[Start of section]

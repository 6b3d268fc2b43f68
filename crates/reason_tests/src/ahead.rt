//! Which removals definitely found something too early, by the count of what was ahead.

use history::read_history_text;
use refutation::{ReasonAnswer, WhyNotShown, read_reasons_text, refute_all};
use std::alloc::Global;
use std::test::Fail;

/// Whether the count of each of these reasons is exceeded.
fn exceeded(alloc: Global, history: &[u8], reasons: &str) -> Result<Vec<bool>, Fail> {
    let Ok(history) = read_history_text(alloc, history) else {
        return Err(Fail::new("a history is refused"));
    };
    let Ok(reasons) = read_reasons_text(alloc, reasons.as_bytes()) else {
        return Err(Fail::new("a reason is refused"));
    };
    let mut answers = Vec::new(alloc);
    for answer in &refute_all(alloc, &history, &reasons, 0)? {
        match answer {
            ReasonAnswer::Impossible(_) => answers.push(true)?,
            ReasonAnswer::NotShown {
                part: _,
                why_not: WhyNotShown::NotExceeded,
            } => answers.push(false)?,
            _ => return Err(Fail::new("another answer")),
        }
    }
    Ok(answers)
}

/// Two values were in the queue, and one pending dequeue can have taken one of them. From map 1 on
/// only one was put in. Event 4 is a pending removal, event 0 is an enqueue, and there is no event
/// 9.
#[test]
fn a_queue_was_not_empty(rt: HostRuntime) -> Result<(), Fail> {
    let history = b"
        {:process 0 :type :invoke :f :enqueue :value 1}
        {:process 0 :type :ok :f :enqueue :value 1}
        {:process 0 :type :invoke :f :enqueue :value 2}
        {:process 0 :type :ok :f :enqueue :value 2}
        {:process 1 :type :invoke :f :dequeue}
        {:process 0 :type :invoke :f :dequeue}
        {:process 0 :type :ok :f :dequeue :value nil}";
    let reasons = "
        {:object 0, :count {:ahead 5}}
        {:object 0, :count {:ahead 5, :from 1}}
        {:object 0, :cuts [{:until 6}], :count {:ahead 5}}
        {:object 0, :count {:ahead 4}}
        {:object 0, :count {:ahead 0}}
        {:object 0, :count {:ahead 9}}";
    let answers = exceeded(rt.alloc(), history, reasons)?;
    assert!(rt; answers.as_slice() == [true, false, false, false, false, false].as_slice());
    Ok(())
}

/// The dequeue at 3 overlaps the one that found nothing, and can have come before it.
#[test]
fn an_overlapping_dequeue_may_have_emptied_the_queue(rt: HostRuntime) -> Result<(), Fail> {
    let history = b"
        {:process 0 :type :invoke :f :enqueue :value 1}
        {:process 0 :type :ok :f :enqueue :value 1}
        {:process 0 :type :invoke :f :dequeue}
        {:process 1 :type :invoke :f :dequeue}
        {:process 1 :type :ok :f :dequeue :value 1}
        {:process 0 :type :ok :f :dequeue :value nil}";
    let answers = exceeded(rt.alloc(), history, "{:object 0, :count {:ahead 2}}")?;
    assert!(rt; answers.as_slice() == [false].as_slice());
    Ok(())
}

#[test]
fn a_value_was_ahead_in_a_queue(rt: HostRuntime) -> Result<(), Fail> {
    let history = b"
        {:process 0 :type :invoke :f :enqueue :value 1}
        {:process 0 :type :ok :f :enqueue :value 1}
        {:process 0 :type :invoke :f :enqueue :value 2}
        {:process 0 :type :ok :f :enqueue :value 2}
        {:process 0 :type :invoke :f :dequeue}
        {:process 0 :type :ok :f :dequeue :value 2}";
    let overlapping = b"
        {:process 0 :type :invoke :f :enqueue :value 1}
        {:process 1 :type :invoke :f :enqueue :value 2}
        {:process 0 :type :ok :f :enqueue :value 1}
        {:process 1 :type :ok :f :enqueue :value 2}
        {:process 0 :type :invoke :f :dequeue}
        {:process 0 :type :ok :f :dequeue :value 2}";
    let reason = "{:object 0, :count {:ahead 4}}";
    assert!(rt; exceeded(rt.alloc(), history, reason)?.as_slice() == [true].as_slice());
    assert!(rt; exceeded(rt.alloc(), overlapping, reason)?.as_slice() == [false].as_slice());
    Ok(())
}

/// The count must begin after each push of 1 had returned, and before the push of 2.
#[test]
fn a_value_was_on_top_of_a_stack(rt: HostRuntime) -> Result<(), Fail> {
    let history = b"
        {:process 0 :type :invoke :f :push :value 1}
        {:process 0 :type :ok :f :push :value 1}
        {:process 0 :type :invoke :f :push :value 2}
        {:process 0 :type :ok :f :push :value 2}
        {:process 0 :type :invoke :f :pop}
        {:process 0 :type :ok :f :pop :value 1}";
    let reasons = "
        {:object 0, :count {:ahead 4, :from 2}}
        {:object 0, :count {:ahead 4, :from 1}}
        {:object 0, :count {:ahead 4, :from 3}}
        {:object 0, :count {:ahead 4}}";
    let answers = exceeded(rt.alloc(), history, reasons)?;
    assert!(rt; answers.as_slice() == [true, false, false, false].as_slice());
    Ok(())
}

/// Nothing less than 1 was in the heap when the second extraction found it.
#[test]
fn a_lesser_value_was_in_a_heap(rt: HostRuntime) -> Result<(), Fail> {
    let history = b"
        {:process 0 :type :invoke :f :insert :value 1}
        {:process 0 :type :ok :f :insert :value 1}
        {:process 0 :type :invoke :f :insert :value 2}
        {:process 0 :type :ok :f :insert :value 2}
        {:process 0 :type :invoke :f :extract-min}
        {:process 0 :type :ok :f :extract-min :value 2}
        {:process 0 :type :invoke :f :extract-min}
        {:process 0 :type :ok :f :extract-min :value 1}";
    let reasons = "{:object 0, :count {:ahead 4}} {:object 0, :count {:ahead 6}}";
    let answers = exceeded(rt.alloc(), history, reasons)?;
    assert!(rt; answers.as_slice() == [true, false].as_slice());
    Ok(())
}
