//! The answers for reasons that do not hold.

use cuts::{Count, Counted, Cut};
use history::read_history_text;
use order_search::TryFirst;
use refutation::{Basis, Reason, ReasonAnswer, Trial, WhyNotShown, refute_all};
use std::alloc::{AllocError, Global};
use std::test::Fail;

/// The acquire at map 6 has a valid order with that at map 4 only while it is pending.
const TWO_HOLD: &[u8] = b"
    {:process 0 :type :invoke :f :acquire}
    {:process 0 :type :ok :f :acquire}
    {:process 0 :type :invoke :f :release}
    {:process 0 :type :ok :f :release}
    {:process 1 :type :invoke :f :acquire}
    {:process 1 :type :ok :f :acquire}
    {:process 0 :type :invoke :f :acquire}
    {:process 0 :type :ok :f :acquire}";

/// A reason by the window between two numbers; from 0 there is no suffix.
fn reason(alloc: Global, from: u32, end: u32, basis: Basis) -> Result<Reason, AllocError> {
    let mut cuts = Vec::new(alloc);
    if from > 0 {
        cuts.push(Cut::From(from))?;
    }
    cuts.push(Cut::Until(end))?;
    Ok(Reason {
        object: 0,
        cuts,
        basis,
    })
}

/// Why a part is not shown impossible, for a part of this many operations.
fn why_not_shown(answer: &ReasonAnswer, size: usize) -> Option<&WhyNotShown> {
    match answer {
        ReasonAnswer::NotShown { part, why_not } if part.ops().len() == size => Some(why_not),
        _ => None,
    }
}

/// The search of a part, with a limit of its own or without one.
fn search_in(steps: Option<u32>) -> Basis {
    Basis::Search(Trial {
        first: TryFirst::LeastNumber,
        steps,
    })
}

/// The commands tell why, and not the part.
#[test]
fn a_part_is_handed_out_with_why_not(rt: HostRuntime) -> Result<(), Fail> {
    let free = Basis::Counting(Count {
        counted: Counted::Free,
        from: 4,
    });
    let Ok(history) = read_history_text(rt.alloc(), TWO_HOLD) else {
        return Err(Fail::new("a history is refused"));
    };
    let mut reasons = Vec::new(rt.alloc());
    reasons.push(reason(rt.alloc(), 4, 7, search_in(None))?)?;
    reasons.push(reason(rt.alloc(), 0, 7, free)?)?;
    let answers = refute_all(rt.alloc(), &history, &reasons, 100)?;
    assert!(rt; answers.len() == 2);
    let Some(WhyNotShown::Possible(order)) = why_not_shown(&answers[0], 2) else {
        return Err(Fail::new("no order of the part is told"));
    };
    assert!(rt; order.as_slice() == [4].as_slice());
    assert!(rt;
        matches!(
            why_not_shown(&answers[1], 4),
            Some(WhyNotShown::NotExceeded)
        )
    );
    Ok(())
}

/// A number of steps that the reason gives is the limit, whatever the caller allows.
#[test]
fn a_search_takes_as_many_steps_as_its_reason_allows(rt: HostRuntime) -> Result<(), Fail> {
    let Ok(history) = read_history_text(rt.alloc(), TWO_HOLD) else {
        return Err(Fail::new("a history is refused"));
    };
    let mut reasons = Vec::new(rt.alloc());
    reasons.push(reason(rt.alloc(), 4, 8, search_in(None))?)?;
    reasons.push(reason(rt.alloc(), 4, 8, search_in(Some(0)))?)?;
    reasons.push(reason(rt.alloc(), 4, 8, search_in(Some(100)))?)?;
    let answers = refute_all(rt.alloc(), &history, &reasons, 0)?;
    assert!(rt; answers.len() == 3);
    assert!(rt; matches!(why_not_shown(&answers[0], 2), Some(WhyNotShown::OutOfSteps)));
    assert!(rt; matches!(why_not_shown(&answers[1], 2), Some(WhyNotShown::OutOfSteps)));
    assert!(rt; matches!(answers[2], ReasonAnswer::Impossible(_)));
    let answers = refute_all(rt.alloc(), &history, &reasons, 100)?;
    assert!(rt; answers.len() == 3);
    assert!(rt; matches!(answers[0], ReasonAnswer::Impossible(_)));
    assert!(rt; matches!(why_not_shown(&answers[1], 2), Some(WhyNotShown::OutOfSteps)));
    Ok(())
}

[End of section]

PROBLEM DETAILS
From the material above, determine how many lines hold the string "false"; give the number without comment.

YOUR RESPONSE
6